When HIV is transmitted in large population clusters in the US, it is more apt to cause high viral loads — and quickly, as reported last week by NAM AIDSmap. A recent study headed by Dr. Joel Wertheim of the University of California San Diego and Dr. Walid Heneine of the Centers for Disease Control and Prevention (CDC) and published in Nature Communications led researchers to conclude that natural selection is causing HIV in the United States to become more transmittable and aggressive.
Previously HIV researchers had theorized that rapid onward transmission of HIV after primary transmission infection would tend favor the selection of HIV variants that produce higher viral load set-points — the point where viral load stabilizes after peaking during initial transmission. Without an early diagnosis and immediate antiretroviral treatment (ART), selection of these variants would lead to a shorter period of symptom-free HIV and more rapid, widespread transmission.
Early diagnosis and connection to treatment can quickly suppress the viral loads of people living with HIV, however, larger sexual networks in which more frequent transmission might occur has a tendency to counter the effects of ART. Researchers say the only way to combat such effects in these clusters would be via very early diagnosis (within the first weeks after acquiring HIV) and the ability to trace and test the exposed sexual partners of someone experiencing this type of acute HIV infection.
Using a large dataset of well-characterized HIV isolates, the team of researchers examined whether certain HIV variants were becoming more infectious and leading to higher, more rapidly acquired viral loads. They analyzed a total of 33,285 HIV samples from individuals registered in the National HIV Surveillance System database.
None of the samples, logged in the database after genotypic testing for HIV drug resistance, showed signs of drug resistance mutations. Seventy-two percent had a viral load measurement recorded within three months prior or one month after the genotyped sample was taken. Interestingly, researchers found that 37.5 percent of those who showed viral load results were also able to be genetically linked to another individual who had been sampled.
After carefully examining the viruses’ genetic signatures, researchers were able to identify closely related viruses that formed a total of 4,366 clusters of people.
Those in clusters generally had higher viral loads than those who did not acquire HIV in clusters when diagnosed after the early infection stage (the first six months after HIV acquisition).
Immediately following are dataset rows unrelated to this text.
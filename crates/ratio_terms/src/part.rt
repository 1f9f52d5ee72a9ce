ghost use Rattle.std.specs.Prelude.{◌≡◌};
ghost use Rattle.ratio_terms.specs.Terms.{operands_of, names_of};

/// A part of a term. A term is a list of its parts in preorder: each stands in front of its operands.
#[derive(Clone, Copy, Debug, PartialEq, Eq)]
pub enum Part {
    /// A whole number.
    Whole(u32),
    /// The signed area of a triangle.
    Area3,
    /// The Pythagoras difference of three points.
    Pyth3,
    /// The signed ratio of two segments.
    Sratio,
    /// The sum of two terms.
    Sum,
    /// The product of two terms.
    Mult,
}

impl Part {
    /// How many terms follow it as its operands.
    pub fn operands(self) -> usize
        ensures { result ≡ operands_of self }
    {
        match self {
            Part::Whole(_) | Part::Area3 | Part::Pyth3 | Part::Sratio => 0,
            Part::Sum | Part::Mult => 2,
        }
    }

    /// How many names of points it has itself.
    pub fn names(self) -> usize
        ensures { result ≡ names_of self }
    {
        match self {
            Part::Whole(_) | Part::Sum | Part::Mult => 0,
            Part::Area3 | Part::Pyth3 => 3,
            Part::Sratio => 4,
        }
    }
}
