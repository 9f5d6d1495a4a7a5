//! Shapes of blocks beside the heap: what decides the shape of a block in a run, and which accesses fit it. The definitions
//! stand in `specs/`; the meaning of C and the fat machine share them.
#![tactic(auto)]

mod laws;

pub use laws::{block_is_watched, runs_are_watched, shapes_stay};
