//! The laws of shapes.

ghost use Rattle.c_shapes.specs.Runs.{WatchingIsSilent};
ghost use Rattle.c_shapes.specs.Laws.{DecidesOnce, DecidingIsNoAccess, EmptyCopyDecidesNothing, FiveAccesses, FailingAccess, AccessOfNothing, MisplacedRoot};

/// The law of deciding. A decided shape stays, deciding is no access, and a copy of no bytes decides nothing.
pub fn shapes_stay()
    ensures once { DecidesOnce }
    ensures no_access { DecidingIsNoAccess }
    ensures empty_copy { EmptyCopyDecidesNothing }
{}

/// The accesses of one block of 10 bytes: three through its own type are near, two through others are away; one that fails
/// decides all the same, and one without a block nothing.
pub fn block_is_watched()
    ensures five { FiveAccesses }
    ensures failing { FailingAccess }
    ensures nothing { AccessOfNothing }
    ensures misplaced { MisplacedRoot }
{}

/// The law of watching. What is watched changes nothing of a run: not its states, its cost, what it writes and takes, nor its
/// end.
pub fn runs_are_watched<S>()
    ensures { WatchingIsSilent S }
{}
The findings also revealed that cluster size seemed to affect viral loads — people in clusters of ten or more had higher viral loads than those in smaller clusters.
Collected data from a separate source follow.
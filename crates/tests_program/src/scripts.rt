// Whole scripts over a bench in memory, and what is told of them. A row is the words, the script, and the text.
use crate::runs::{bench_with, done};
use datalinks::Status;
use std::alloc::Global;

pub type Row = (&'static [u8], &'static [u8], &'static [u8]);

/// A table whose links forbid that their files are renamed, deleted, written and changed; one whose files are read by token alone; and one
/// whose files stay the user's own.
fn linking() -> [Row; 6] {
    [
        (
            b"run",
            b"@ann create /a one\n\
              A: CREATE TABLE m (id INTEGER PRIMARY KEY, f DATALINK LINKTYPE URL FILE LINK CONTROL INTEGRITY ALL READ PERMISSION FS WRITE PERMISSION BLOCKED RECOVERY NO ON UNLINK RESTORE)\n\
              A: INSERT INTO m VALUES (1, DLVALUE('http://fs1/a'))\n\
              @ann delete /a\n",
            b"1: ok\n2: ok\n3: ok 1\n4: refused linked /a 1-2-1 delete\n",
        ),
        (
            b"run",
            b"A: CREATE TABLE m (id INTEGER PRIMARY KEY, f DATALINK LINKTYPE URL FILE LINK CONTROL INTEGRITY ALL READ PERMISSION FS WRITE PERMISSION BLOCKED RECOVERY NO ON UNLINK RESTORE)\n\
              A: INSERT INTO m VALUES (1, DLVALUE('http://fs1/x'))\n\
              A: SELECT COUNT(*) FROM m\n",
            b"1: ok\n2: refused no file /x\n3: rows 1\n3| 0\n",
        ),
        (
            b"run",
            b"@ann create /b x\n\
              A: CREATE TABLE m (id INTEGER PRIMARY KEY, f DATALINK LINKTYPE URL FILE LINK CONTROL INTEGRITY ALL READ PERMISSION FS WRITE PERMISSION BLOCKED RECOVERY NO ON UNLINK RESTORE)\n\
              A: INSERT INTO m VALUES (1, DLVALUE('http://FS1/a/../b', 'URL', 'note'))\n\
              A: SELECT DLURLPATH(f), DLURLSERVER(f), DLURLSCHEME(f), DLCOMMENT(f), DLURLCOMPLETE(f), DLLINKTYPE(f) FROM m\n",
            b"1: ok\n2: ok\n3: ok 1\n4: rows 1\n4| '/b' | 'FS1' | 'HTTP' | 'note' | 'http://fs1/b' | 'URL'\n",
        ),
        (
            b"run",
            b"@ann create /a one\n\
              @ann chmod /a off\n\
              A: CREATE TABLE m (id INTEGER PRIMARY KEY, f DATALINK LINKTYPE URL FILE LINK CONTROL INTEGRITY ALL READ PERMISSION DB WRITE PERMISSION BLOCKED RECOVERY NO ON UNLINK RESTORE)\n\
              A: INSERT INTO m VALUES (1, DLVALUE('http://fs1/a'))\n\
              @ann chmod /a on\n\
              @ann list\n\
              A: DELETE FROM m\n\
              @ann list\n\
              @ann write /a two\n\
              @ann chmod /a on\n\
              @ann write /a two\n",
            b"1: ok\n2: ok\n3: ok\n4: ok 1\n5: refused linked /a 1-2-1 chmod\n6: ok files 1\n6| /a dlfm off 3\n7: ok 1\n8: ok files 1\n8| /a ann off 3\n9: refused read only /a\n10: ok\n11: ok\n",
        ),
        (
            b"run",
            b"@ann create /a one\n\
              A: CREATE TABLE m (id INTEGER PRIMARY KEY, f DATALINK LINKTYPE URL FILE LINK CONTROL MODE DB2OPTIONS)\n\
              A: INSERT INTO m VALUES (1, DLVALUE('http://fs1/a')), (2, DLVALUE('http://fs1/a'))\n\
              A: INSERT INTO m VALUES (1, DLVALUE('http://fs1/a'))\n\
              A: INSERT INTO m VALUES (1, NULL)\n\
              A: INSERT INTO m VALUES (2, DLVALUE('http://fs1/a'))\n\
              @ann write /a two\n\
              A: UPDATE m SET f = DLVALUE('file://fs1/a')\n\
              @ann delete /a\n",
            b"1: ok\n2: ok\n3: refused already linked /a 1-2-1\n4: ok 1\n5: refused duplicate key 2\n6: refused already linked /a 1-3-1\n7: ok\n8: ok 1\n9: refused linked /a 1-3-1 delete\n",
        ),
        (
            b"run",
            b"A: CREATE TABLE m (id INTEGER PRIMARY KEY, f DATALINK LINKTYPE URL FILE LINK CONTROL INTEGRITY ALL READ PERMISSION FS WRITE PERMISSION BLOCKED RECOVERY NO ON UNLINK RESTORE)\n\
              A: INSERT INTO m VALUES (1, DLVALUE('a'))\n\
              A: INSERT INTO m VALUES (1, DLVALUE('ftp://fs1/a'))\n\
              A: INSERT INTO m VALUES (1, DLVALUE('http://other/a'))\n\
              A: INSERT INTO m VALUES (1, DLVALUE('http://fs1/a?x'))\n\
              A: INSERT INTO m VALUES (1, DLVALUE('http://fs1/'))\n\
              A: INSERT INTO m VALUES (1, DLVALUE('http://fs1/a', 'FILE'))\n\
              A: INSERT INTO m VALUES (1, DLVALUE('http://fs1:80/a'))\n",
            b"1: ok\n2: refused bad link 1\n3: refused bad link 2\n4: refused bad link 3\n5: refused bad link 4\n6: refused bad link 5\n7: refused bad link 6\n8: refused no file /a\n",
        ),
    ]
}

/// Two transactions and one file; a file that is deleted between its claim and the commit; the vote, the decision and the Finish as steps
/// of their own; and a conflict.
fn overlapping() -> [Row; 4] {
    [
        (
            b"run",
            b"@ann create /a one\n\
              A: CREATE TABLE m (id INTEGER PRIMARY KEY, f DATALINK LINKTYPE URL FILE LINK CONTROL INTEGRITY ALL READ PERMISSION FS WRITE PERMISSION BLOCKED RECOVERY NO ON UNLINK RESTORE)\n\
              A: BEGIN\n\
              B: BEGIN\n\
              A: INSERT INTO m VALUES (1, DLVALUE('http://fs1/a'))\n\
              B: INSERT INTO m VALUES (2, DLVALUE('http://fs1/a'))\n\
              A: ROLLBACK\n\
              B: INSERT INTO m VALUES (2, DLVALUE('http://fs1/a'))\n\
              B: COMMIT\n\
              @ann rename /a /b\n",
            b"1: ok\n2: ok\n3: ok 1-2\n4: ok 1-3\n5: ok 1\n6: refused busy /a 1-2\n7: ok\n8: ok 1\n9: ok commit 2\n10: refused linked /a 1-3-1 rename\n",
        ),
        (
            b"run",
            b"@ann create /a one\n\
              A: CREATE TABLE m (id INTEGER PRIMARY KEY, f DATALINK LINKTYPE URL FILE LINK CONTROL INTEGRITY ALL READ PERMISSION FS WRITE PERMISSION BLOCKED RECOVERY NO ON UNLINK RESTORE)\n\
              A: BEGIN\n\
              A: INSERT INTO m VALUES (1, DLVALUE('http://fs1/a'))\n\
              @ann delete /a\n\
              A: COMMIT\n\
              @ann create /a two\n\
              A: COMMIT\n",
            b"1: ok\n2: ok\n3: ok 1-2\n4: ok 1\n5: ok\n6: refused no file /a\n7: ok\n8: ok commit 2\n",
        ),
        (
            b"run",
            b"@ann create /a one\n\
              A: CREATE TABLE m (id INTEGER PRIMARY KEY, f DATALINK LINKTYPE URL FILE LINK CONTROL INTEGRITY ALL READ PERMISSION FS WRITE PERMISSION BLOCKED RECOVERY NO ON UNLINK RESTORE)\n\
              A: BEGIN\n\
              A: INSERT INTO m VALUES (1, DLVALUE('http://fs1/a'))\n\
              A: !prepare\n\
              @ann rename /a /b\n\
              A: !decide\n\
              A: !finish\n\
              @ann list\n",
            b"1: ok\n2: ok\n3: ok 1-2\n4: ok 1\n5: ok\n6: refused linked /a 1-2-1 rename\n7: ok commit 2\n8: ok\n9: ok files 1\n9| /a ann off 3\n",
        ),
        (
            b"run",
            b"A: CREATE TABLE t (x INTEGER)\n\
              A: CREATE TABLE u (x INTEGER)\n\
              A: BEGIN\n\
              A: SELECT COUNT(*) FROM t\n\
              B: INSERT INTO t VALUES (7)\n\
              A: INSERT INTO u VALUES (1)\n\
              A: COMMIT\n\
              A: ROLLBACK\n",
            b"1: ok\n2: ok\n3: ok 1-3\n4: rows 1\n4| 0\n5: ok 1\n6: ok 1\n7: refused conflict t 1 3\n8: refused no transaction\n",
        ),
    ]
}
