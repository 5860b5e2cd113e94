// A third law: each step adds the error to the last output, unless the error is small.
ghost use Rattle.std.specs.Prelude.{◌≡◌, ◌+ℤ◌, ◌-ℤ◌, nat_lt, unsigned_abs};
ghost use Rattle.signal.specs.Value.{value_near};
ghost use Rattle.guests.specs.DeadBand.{dead_band_model};
ghost use Rattle.std.proofs.Common.{rules};

use law::Law;
use signal::{OperatingPoint, Value};

#[derive(Drop)]
pub struct DeadBand {
    // an error of up to this, in thousandths of a percent of span, is left alone
    pub band: u32,
}

fn error(at: OperatingPoint) -> i32
    ensures { result ≡ at.sp.raw -ℤ at.pv.raw }
{
    at.sp.raw() - at.pv.raw()
}

fn moved_by(out: Value, error: i32) -> Value
    ensures { result ≡ value_near (out.raw +ℤ error) }
{
    Value::pulled_in(i64::from(out.raw()) + i64::from(error))
}

impl DeadBand {
    fn passed(&self, error: i32) -> bool
        ensures { result ≡ nat_lt self.now.band (unsigned_abs error) }
    {
        self.band < error.unsigned_abs()
    }
}

impl Law for DeadBand {
    ghost model = { dead_band_model };

    ghost meaning = { Prim.search rules };

    fn start(&mut self, at: OperatingPoint) {}

    fn step(&mut self, at: OperatingPoint) -> Value {
        let error = error(at);
        if self.passed(error) {
            moved_by(at.out, error)
        } else {
            at.out
        }
    }
}
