// A third law and a third end, written as somebody else would: they need their own facts alone.
#![tactic(auto)]

pub mod dead_band;
pub mod on_off;

pub use dead_band::DeadBand;
pub use on_off::OnOff;
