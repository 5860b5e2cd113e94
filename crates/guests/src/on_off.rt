// A third end: a valve that is either open or shut.
ghost use Rattle.std.specs.Prelude.{◌≡◌, true, false, refl};
ghost use Rattle.block.specs.Making.{fresh_block};
ghost use Rattle.ends.specs.Making.{end_settings};
ghost use Rattle.guests.specs.OnOff.{on_off_out, OnOffKept, on_off_own};
ghost use Rattle.guests.specs.OnOffFacts.{on_off_facts};

use block::{Ask, Block, OneBlock, Permitted, Refusal};
use ends::{EndRound, end_settings};
use signal::{Limits, Mode, Signal, Value};

#[derive(Drop)]
pub struct OnOff {
    block: Block,
}

impl OnOff {
    pub fn new(limits: Limits, permitted: Permitted) -> OnOff
        ensures kept { OnOffKept result }
        ensures fresh { result.block ≡ fresh_block (end_settings limits permitted true) None false }
    {
        OnOff {
            block: Block::fresh(end_settings(limits, permitted, true), None, false),
        }
    }

    // Open where the setpoint is above the low limit, else shut.
    fn next_out(&self, round: EndRound) -> Value
        ensures { result ≡ on_off_out self.now.block round.mode round.aim }
    {
        let limits = self.block.settings.sp_limits;
        match round.mode {
            Mode::Auto | Mode::Cas if limits.low() < round.aim => limits.high(),
            Mode::Auto | Mode::Cas => limits.low(),
            _ => self.block.at.out,
        }
    }
}

impl OneBlock for OnOff {
    ghost own = { on_off_own };

    const SETTLING: u16 = 2;

    ghost SETTLING = { 2 };

    ghost settles = { refl };

    ghost facts = { on_off_facts };

    fn block(&self) -> &Block {
        &self.block
    }

    fn ask_block(&mut self, ask: Ask) -> Result<(), Refusal> {
        self.block.ask(ask)
    }

    fn run(&mut self, cas_in: Signal) {
        let round = EndRound::new(&self.block, false, cas_in);
        let out = self.next_out(round);
        round.leave(&mut self.block, out, false);
    }
}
The study examined the viral loads of those sampled over the period of a decade. Researchers found that viral loads increased during that period by 0.2 log10 copies/ml in people diagnosed with a CD4 count above 500 cells, though similar patterns were observed for those diagnosed with lower CD4 cell counts. Researcher also found that people were more likely to form part of a transmission cluster in the later years of the decade — the more connections they had in a specific cluster, the higher their viral loads were at the time of diagnosis.
These findings support previous research presented at the Conference on Retroviruses and Opportunistic Infections (CROI) in 2018 by some of the investigators of this study, when they found that rapidly growing transmission clusters in the U.S. tended to involve young Latino/Hispanic men who have sex with men.
The study authors concluded that public health interventions based on molecular epidemiology (which identifies clusters of infections through matching viral genotypes in recently diagnosed people) would be very beneficial in combatting this type of natural selection in terms of transmitting these more virulent strains of HIV.